Dataset extract: Begin

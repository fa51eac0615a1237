// Rows of a table in order.
ghost use Rattle.std.specs.Prelude.{◌≡◌, ◌≤◌, ◌<◌, ◌+◌, length, option_copied, vec_capacity, vec_len};
ghost use Rattle.std.specs.List.Sorted.{IsSearchInRange};
ghost use Rattle.vdr_alerts.specs.Rows.{row_at, with_row};

/// The row at a place, if it stands there.
pub fn found<R>(rows: &[R], place: Result<usize, usize>) -> Option<&R>
    ensures { option_copied result ≡ row_at place rows.now }
{
    match place {
        Ok(at) => rows.get(at),
        Err(_) => None,
    }
}

/// Puts a row there. There is room for it.
pub fn put_row<R: Drop>(rows: &mut Vec<R>, place: Result<usize, usize>, row: R)
    requires place { IsSearchInRange place (length rows.old.items) }
    requires room { vec_len rows.old < vec_capacity rows.old }
    ensures rows { rows.new.items ≡ with_row place rows.old.items row }
    ensures more { vec_len rows.new ≤ vec_len rows.old + 1 }
    ensures capacity { vec_capacity rows.old ≤ vec_capacity rows.new }
{
    match place {
        Ok(at) => rows[at] = row,
        Err(at) => {
            let _ = rows.insert(at, row);
        }
    }
}
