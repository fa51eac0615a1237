// A bridge alert.
ghost use Rattle.std.specs.Prelude.{◌≡◌, ◌≤◌, length};
ghost use Rattle.vdr_durability.specs.Sources.{is_same};
ghost use Rattle.vdr_alerts.specs.Alerts.{alert_cmp, behind_list, is_known, leaves, stands, stays};

use crate::part::Part;
use crate::saying::names;
use arrayvec::ArrayVec;
use std::cmp::Ordering;
use std::marker::Model;
use vdr_values::Reading;

/// The state normal.
const NORMAL: u8 = b'N';

/// What is kept of an alert.
#[derive(Drop)]
pub struct Alert {
    pub(crate) group: u8,
    pub(crate) name: ArrayVec<u8, 15>,
    /// The manufacturer's mnemonic code, empty for a standardized alert.
    pub(crate) maker: ArrayVec<u8, 76>,
    pub(crate) number: u64,
    pub(crate) instance: Option<u64>,
    /// `E` emergency alarm, `A` alarm, `W` warning, `C` caution.
    pub(crate) priority: Option<u8>,
    /// `V`, `S`, `A`, `O`, `U` or `N`.
    pub(crate) state: Option<u8>,
    /// It was told, or listed, since its source's last list began.
    pub(crate) listed: bool,
    /// It stood, and its source's list did not have it.
    pub(crate) gone: bool,
}

impl Model for Alert {
    ghost use Rattle.std.specs.Prelude.{◌≤◌};
    ghost use Rattle.vdr_alerts.specs.Alerts.{Alert as Known};

    ghost Value = { Known };

    ghost view = { λ a. record {
      source = record { group = a.group; name = a.name.items };
      maker = a.maker.items;
      number = a.number;
      instance = a.instance;
      priority = a.priority;
      state = a.state;
      listed = a.listed;
      gone = a.gone;
    } };

    ghost invariant = { λ a. a.group ≤ 15 };
}

/// A text of its own.
pub(crate) fn text_of(bytes: &[u8]) -> ArrayVec<u8, 76>
    requires { length bytes.now ≤ 76 }
    ensures { result.items ≡ bytes.now }
{
    let mut text = ArrayVec::new();
    let _ = text.try_extend_from_slice(bytes);
    text
}

/// A name of its own.
pub(crate) fn name_of(bytes: &[u8]) -> ArrayVec<u8, 15>
    requires { length bytes.now ≤ 15 }
    ensures { result.items ≡ bytes.now }
{
    let mut name = ArrayVec::new();
    let _ = name.try_extend_from_slice(bytes);
    name
}

impl Alert {
    /// How it stands to another alert, by group, source, identifier and instance.
    pub(crate) fn order(&self, other: &Alert) -> Ordering
        ensures { result ≡ alert_cmp self.now other.now }
    {
        self.group
            .cmp(&other.group)
            .then(self.name.as_slice().cmp(&other.name.as_slice()))
            .then(
                self.maker.as_slice().cmp(&other.maker.as_slice()).then(
                    self.number
                        .cmp(&other.number)
                        .then(self.instance.cmp(&other.instance)),
                ),
            )
    }

    /// Whether it tells nothing new: it is not gone, and has this priority and state.
    pub(crate) fn is_known(&self, next: &Alert) -> bool
        ensures { result ≡ is_known self.now next.now }
    {
        !self.gone && self.priority == next.priority && self.state == next.state
    }

    /// Whether it stands: it is not gone, and its state is not normal.
    pub(crate) fn stands(&self) -> bool
        ensures { result ≡ stands self.now }
    {
        !self.gone && self.state != Some(NORMAL)
    }

    // Whether it is of the source of this sentence.
    fn is_of(&self, part: &Part) -> bool
        ensures { result ≡ is_same self.now.source part.now.source }
    {
        self.group == part.group && self.name.as_slice() == part.name.as_slice()
    }

    // Whether it was told since the list of this sentence began, or is listed there.
    fn stays(&self, part: &Part, reading: &Reading<'_>) -> bool
        ensures { result ≡ stays part.now reading.now.values self.now }
    {
        names(reading, self) || (self.listed && part.number != 1)
    }

    /// Whether it stood, and the list that ends with this sentence does not have it.
    pub(crate) fn leaves(&self, is_ended: bool, part: &Part, reading: &Reading<'_>) -> bool
        ensures { result ≡ leaves is_ended part.now reading.now.values self.now }
    {
        is_ended && self.is_of(part) && self.stands() && !self.stays(part, reading)
    }

    /// Takes a sentence of a list.
    pub(crate) fn list(&mut self, is_ended: bool, part: &Part, reading: &Reading<'_>)
        ensures { self.new ≡ behind_list is_ended part.now reading.now.values self.old }
    {
        if !self.is_of(part) {
            return;
        }
        let leaves = self.leaves(is_ended, part, reading);
        self.listed = self.stays(part, reading);
        self.gone = self.gone || leaves;
    }

    /// One like it.
    pub(crate) fn copied(&self) -> Alert
        ensures { result ≡ self.now }
    {
        Alert {
            group: self.group,
            name: name_of(self.name.as_slice()),
            maker: text_of(self.maker.as_slice()),
            number: self.number,
            instance: self.instance,
            priority: self.priority,
            state: self.state,
            listed: self.listed,
            gone: self.gone,
        }
    }
}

Dataset extract: End

## What to work on:
Word for word, retype the lines from the one containing "self.listed = self.stays(part, reading);" through the final line of the data, including both ends and nothing more.

## Answer to the problem:
        self.listed = self.stays(part, reading);
        self.gone = self.gone || leaves;
    }

    /// One like it.
    pub(crate) fn copied(&self) -> Alert
        ensures { result ≡ self.now }
    {
        Alert {
            group: self.group,
            name: name_of(self.name.as_slice()),
            maker: text_of(self.maker.as_slice()),
            number: self.number,
            instance: self.instance,
            priority: self.priority,
            state: self.state,
            listed: self.listed,
            gone: self.gone,
        }
    }
}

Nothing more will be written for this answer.